# Assignment:
Report only the number of lines that contain the string "clear" in the records below.

# Dataset entries:
● ● ●

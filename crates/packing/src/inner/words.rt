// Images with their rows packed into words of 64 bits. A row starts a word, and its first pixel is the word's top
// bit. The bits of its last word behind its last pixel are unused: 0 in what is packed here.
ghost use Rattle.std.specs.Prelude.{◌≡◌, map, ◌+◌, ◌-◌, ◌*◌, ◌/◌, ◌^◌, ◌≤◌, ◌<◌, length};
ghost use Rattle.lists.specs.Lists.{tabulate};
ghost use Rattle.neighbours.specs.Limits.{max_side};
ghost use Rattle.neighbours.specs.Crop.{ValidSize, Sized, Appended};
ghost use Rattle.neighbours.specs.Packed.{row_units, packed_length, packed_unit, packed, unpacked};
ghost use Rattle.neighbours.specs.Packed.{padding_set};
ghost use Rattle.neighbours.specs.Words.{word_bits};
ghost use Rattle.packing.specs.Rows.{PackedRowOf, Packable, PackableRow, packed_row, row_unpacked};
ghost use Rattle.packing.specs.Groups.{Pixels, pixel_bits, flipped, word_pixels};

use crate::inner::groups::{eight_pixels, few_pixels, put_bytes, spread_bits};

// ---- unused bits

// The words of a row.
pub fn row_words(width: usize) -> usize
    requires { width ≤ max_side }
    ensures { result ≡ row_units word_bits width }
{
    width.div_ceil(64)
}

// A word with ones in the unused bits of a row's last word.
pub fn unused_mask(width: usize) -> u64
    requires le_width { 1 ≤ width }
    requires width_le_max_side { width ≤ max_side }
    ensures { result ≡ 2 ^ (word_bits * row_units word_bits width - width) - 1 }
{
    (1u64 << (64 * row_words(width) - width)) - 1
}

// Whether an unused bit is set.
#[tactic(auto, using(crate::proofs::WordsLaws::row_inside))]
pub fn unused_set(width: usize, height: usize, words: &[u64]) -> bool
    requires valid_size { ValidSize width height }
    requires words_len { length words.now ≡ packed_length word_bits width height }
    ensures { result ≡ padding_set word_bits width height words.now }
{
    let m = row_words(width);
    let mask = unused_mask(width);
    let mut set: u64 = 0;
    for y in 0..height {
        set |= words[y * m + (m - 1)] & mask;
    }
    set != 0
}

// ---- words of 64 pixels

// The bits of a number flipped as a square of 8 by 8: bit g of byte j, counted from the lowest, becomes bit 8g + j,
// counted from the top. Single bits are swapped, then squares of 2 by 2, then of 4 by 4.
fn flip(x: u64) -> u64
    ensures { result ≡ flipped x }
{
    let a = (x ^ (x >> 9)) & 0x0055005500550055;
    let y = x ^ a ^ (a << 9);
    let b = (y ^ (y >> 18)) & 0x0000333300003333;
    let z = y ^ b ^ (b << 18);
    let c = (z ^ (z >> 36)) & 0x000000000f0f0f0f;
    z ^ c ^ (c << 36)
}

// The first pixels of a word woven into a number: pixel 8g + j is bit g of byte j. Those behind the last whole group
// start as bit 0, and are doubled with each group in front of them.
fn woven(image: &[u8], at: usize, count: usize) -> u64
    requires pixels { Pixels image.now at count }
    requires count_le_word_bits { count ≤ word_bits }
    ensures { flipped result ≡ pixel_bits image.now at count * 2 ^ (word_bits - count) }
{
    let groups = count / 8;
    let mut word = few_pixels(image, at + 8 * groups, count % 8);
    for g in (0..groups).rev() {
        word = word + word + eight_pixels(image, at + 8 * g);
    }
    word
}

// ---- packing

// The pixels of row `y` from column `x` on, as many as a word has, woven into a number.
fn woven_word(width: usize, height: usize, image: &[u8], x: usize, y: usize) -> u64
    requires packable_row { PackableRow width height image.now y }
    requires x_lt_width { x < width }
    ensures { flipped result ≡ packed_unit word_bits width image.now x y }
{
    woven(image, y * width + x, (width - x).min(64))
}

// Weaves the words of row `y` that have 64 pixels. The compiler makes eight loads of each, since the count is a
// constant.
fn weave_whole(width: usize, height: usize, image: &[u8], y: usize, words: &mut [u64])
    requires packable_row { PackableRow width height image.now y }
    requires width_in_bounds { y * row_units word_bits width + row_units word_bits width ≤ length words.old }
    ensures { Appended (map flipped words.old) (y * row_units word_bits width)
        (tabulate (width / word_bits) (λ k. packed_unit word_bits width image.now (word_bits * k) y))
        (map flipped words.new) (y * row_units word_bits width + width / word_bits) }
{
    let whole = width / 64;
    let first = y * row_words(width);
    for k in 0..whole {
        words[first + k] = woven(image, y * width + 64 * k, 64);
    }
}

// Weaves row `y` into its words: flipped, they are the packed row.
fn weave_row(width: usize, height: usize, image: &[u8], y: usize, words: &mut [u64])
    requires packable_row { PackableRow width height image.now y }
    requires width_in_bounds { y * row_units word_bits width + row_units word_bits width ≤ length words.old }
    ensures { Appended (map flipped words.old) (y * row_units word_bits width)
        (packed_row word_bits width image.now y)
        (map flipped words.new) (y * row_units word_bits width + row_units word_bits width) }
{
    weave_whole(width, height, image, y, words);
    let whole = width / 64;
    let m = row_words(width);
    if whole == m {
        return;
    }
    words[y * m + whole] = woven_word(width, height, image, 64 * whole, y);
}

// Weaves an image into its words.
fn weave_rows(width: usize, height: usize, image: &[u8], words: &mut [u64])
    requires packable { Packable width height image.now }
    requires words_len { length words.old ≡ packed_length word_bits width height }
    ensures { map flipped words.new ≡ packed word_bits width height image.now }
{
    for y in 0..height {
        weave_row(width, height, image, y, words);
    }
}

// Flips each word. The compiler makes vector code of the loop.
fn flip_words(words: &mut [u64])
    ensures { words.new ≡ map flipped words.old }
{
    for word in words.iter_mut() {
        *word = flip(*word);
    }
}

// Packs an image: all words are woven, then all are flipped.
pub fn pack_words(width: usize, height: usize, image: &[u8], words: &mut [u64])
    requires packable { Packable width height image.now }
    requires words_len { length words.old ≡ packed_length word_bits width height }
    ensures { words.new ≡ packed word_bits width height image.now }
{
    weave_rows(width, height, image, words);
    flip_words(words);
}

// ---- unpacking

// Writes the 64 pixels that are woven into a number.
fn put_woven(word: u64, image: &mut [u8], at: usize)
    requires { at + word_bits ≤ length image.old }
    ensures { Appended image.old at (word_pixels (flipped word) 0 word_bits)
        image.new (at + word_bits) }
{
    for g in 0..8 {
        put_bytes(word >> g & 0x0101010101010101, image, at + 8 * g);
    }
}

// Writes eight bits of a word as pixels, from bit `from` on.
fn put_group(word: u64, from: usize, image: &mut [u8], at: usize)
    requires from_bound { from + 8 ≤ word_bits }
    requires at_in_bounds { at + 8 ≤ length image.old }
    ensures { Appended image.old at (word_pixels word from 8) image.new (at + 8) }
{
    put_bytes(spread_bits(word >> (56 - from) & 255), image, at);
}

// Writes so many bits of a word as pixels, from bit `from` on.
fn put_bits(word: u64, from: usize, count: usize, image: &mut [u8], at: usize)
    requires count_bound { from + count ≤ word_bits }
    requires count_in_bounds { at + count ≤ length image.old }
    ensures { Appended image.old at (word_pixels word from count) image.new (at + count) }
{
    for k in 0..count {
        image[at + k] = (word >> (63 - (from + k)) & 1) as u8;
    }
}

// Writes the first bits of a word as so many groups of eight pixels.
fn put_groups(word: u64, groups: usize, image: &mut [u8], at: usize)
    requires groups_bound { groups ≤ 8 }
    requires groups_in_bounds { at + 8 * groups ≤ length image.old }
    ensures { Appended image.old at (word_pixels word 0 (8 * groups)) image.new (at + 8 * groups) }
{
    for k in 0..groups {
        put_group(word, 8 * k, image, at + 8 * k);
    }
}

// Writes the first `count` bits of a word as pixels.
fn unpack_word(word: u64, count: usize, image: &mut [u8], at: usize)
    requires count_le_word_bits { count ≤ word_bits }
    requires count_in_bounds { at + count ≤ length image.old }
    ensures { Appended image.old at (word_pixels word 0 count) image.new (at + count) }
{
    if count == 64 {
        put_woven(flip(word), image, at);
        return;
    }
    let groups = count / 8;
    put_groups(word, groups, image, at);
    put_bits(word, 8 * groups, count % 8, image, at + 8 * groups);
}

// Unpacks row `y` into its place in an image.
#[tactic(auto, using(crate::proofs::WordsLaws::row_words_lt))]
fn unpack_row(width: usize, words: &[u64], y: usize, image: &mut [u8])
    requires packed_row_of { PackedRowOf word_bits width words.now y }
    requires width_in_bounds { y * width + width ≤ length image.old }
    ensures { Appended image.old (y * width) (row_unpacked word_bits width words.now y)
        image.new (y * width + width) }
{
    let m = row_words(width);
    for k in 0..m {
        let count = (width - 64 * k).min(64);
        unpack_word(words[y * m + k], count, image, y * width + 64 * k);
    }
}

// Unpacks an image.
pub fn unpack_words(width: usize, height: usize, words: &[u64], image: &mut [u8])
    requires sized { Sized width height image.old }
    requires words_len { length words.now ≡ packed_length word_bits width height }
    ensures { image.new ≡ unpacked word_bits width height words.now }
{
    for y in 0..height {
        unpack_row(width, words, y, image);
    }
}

● ● ●

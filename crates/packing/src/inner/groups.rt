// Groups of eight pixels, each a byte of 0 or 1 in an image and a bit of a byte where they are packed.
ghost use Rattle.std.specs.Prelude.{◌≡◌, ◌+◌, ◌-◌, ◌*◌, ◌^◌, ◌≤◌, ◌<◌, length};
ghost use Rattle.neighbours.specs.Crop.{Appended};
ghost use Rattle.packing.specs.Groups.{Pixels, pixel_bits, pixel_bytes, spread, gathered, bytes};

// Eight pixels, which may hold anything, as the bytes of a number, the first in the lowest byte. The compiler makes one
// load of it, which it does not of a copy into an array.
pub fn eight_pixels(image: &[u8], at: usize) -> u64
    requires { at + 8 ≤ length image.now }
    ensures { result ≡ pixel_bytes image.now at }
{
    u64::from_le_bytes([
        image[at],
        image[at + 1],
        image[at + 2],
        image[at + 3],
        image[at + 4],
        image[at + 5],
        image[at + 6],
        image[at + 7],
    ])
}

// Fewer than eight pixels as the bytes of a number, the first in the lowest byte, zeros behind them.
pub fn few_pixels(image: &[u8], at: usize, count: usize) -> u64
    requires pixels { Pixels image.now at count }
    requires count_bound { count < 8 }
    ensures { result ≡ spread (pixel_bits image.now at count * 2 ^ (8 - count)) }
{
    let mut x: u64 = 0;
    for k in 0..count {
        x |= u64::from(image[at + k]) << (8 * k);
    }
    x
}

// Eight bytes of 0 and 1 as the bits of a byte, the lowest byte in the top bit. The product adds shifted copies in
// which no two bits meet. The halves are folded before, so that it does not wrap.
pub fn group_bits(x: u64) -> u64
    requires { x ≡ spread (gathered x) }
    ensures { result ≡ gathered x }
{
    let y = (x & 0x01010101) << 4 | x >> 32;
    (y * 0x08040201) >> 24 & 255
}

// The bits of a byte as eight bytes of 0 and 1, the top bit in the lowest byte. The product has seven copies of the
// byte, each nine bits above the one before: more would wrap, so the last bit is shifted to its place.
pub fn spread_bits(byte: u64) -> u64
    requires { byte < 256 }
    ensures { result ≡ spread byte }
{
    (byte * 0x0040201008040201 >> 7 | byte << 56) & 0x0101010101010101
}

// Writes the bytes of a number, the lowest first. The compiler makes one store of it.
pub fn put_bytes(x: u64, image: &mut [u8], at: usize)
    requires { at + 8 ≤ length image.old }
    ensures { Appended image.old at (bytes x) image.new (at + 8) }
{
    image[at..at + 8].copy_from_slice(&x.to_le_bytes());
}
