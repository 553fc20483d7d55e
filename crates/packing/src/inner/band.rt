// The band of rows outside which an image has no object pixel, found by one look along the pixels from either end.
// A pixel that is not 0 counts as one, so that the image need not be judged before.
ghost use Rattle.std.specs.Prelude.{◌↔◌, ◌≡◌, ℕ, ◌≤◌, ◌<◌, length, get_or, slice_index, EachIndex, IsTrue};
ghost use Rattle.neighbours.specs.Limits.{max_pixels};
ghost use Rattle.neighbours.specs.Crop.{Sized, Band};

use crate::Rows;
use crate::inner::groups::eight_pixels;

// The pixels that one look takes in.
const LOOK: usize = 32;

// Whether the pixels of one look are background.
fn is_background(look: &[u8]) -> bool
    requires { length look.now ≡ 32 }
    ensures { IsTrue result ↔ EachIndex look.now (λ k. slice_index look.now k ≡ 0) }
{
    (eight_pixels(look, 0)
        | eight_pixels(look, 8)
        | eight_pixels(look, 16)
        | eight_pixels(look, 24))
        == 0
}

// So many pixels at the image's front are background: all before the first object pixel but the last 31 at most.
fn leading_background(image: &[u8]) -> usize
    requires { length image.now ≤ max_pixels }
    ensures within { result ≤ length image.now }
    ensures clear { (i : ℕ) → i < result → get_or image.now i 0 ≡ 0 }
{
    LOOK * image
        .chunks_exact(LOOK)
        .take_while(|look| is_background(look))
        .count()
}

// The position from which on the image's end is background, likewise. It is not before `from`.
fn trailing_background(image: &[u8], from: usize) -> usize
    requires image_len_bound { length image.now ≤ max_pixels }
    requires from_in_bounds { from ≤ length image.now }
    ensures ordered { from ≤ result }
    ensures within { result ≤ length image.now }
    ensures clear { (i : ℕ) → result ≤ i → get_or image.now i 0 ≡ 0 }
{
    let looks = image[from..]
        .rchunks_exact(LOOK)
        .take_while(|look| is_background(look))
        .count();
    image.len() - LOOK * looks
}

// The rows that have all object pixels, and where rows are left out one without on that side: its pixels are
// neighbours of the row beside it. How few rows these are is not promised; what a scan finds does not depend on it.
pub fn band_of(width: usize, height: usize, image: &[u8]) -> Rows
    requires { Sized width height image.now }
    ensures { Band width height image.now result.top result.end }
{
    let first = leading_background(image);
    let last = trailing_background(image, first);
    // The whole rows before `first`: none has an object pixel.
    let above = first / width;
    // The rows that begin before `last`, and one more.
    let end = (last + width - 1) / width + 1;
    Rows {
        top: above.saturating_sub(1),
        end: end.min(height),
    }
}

● ● ●

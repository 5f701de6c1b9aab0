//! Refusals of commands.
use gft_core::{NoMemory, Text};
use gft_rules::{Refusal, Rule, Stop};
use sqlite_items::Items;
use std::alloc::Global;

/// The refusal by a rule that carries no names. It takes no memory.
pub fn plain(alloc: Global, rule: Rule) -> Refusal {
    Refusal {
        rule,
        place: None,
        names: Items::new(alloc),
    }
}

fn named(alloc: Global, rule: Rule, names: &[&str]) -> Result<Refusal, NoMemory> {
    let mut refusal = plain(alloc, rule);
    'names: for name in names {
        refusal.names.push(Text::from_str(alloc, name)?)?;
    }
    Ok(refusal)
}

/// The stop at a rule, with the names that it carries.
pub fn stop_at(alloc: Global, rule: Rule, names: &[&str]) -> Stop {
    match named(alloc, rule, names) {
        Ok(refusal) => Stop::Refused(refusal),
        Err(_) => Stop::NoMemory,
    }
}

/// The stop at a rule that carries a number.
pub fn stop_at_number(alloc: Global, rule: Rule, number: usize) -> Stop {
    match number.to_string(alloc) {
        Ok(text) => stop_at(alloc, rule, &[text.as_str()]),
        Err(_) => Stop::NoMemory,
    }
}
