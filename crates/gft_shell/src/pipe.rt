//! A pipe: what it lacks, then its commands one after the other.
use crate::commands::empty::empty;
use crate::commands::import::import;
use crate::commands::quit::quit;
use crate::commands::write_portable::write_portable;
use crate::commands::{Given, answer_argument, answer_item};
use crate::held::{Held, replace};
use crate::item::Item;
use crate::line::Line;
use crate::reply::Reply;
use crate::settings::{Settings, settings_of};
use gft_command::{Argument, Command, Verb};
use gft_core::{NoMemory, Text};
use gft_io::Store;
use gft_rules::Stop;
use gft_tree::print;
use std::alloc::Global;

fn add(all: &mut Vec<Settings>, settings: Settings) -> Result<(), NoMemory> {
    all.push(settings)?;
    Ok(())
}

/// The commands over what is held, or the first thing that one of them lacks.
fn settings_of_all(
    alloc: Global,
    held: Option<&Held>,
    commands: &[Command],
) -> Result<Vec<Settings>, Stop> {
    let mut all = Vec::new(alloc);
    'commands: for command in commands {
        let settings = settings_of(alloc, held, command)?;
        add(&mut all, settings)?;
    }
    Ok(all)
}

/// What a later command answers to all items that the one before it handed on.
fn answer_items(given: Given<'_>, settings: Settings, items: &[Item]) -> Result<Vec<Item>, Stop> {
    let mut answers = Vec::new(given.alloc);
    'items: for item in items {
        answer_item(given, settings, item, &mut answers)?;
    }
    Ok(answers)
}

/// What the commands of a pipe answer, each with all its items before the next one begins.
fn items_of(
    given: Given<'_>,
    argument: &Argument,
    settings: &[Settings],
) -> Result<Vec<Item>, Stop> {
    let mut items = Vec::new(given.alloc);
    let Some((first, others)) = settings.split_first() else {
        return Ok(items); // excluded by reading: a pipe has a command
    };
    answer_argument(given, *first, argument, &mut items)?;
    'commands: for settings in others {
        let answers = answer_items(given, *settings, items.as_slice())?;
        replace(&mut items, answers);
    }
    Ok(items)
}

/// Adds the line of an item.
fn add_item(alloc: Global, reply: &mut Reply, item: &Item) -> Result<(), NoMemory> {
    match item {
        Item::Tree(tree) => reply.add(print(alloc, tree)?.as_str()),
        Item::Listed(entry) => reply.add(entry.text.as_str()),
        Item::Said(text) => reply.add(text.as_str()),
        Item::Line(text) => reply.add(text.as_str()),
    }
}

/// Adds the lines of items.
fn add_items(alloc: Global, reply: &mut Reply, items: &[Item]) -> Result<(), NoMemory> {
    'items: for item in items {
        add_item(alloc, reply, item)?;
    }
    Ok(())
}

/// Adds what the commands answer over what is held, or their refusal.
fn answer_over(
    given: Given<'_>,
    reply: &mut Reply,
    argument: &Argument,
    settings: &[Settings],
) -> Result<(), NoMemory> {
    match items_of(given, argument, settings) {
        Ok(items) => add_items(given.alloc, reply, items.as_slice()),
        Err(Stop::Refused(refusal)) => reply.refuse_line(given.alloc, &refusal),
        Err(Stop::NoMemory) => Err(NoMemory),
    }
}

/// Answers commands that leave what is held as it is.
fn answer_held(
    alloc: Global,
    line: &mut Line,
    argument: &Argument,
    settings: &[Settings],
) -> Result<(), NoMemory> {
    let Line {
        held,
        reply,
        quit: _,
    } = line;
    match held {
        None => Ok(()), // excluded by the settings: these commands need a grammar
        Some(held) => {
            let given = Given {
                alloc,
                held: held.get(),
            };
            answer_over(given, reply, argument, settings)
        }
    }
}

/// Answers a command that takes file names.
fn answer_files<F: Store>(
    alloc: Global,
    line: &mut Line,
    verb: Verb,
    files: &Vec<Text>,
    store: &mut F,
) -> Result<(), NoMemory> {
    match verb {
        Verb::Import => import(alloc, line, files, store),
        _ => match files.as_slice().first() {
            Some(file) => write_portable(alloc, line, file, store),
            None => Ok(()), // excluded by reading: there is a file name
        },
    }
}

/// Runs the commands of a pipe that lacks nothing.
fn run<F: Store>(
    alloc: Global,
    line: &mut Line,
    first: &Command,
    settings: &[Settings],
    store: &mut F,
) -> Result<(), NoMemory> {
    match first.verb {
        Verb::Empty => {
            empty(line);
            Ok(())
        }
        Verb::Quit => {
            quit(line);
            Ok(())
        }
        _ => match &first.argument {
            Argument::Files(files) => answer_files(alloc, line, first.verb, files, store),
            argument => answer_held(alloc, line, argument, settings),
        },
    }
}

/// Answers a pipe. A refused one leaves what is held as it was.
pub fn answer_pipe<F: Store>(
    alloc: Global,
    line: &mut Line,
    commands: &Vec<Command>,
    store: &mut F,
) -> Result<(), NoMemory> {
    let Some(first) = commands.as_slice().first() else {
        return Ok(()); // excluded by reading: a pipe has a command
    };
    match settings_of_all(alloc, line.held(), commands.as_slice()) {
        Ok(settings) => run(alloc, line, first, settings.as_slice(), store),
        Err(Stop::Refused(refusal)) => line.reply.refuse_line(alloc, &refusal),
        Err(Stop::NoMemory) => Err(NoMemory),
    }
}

● ● ●

# Result of the exercise:
2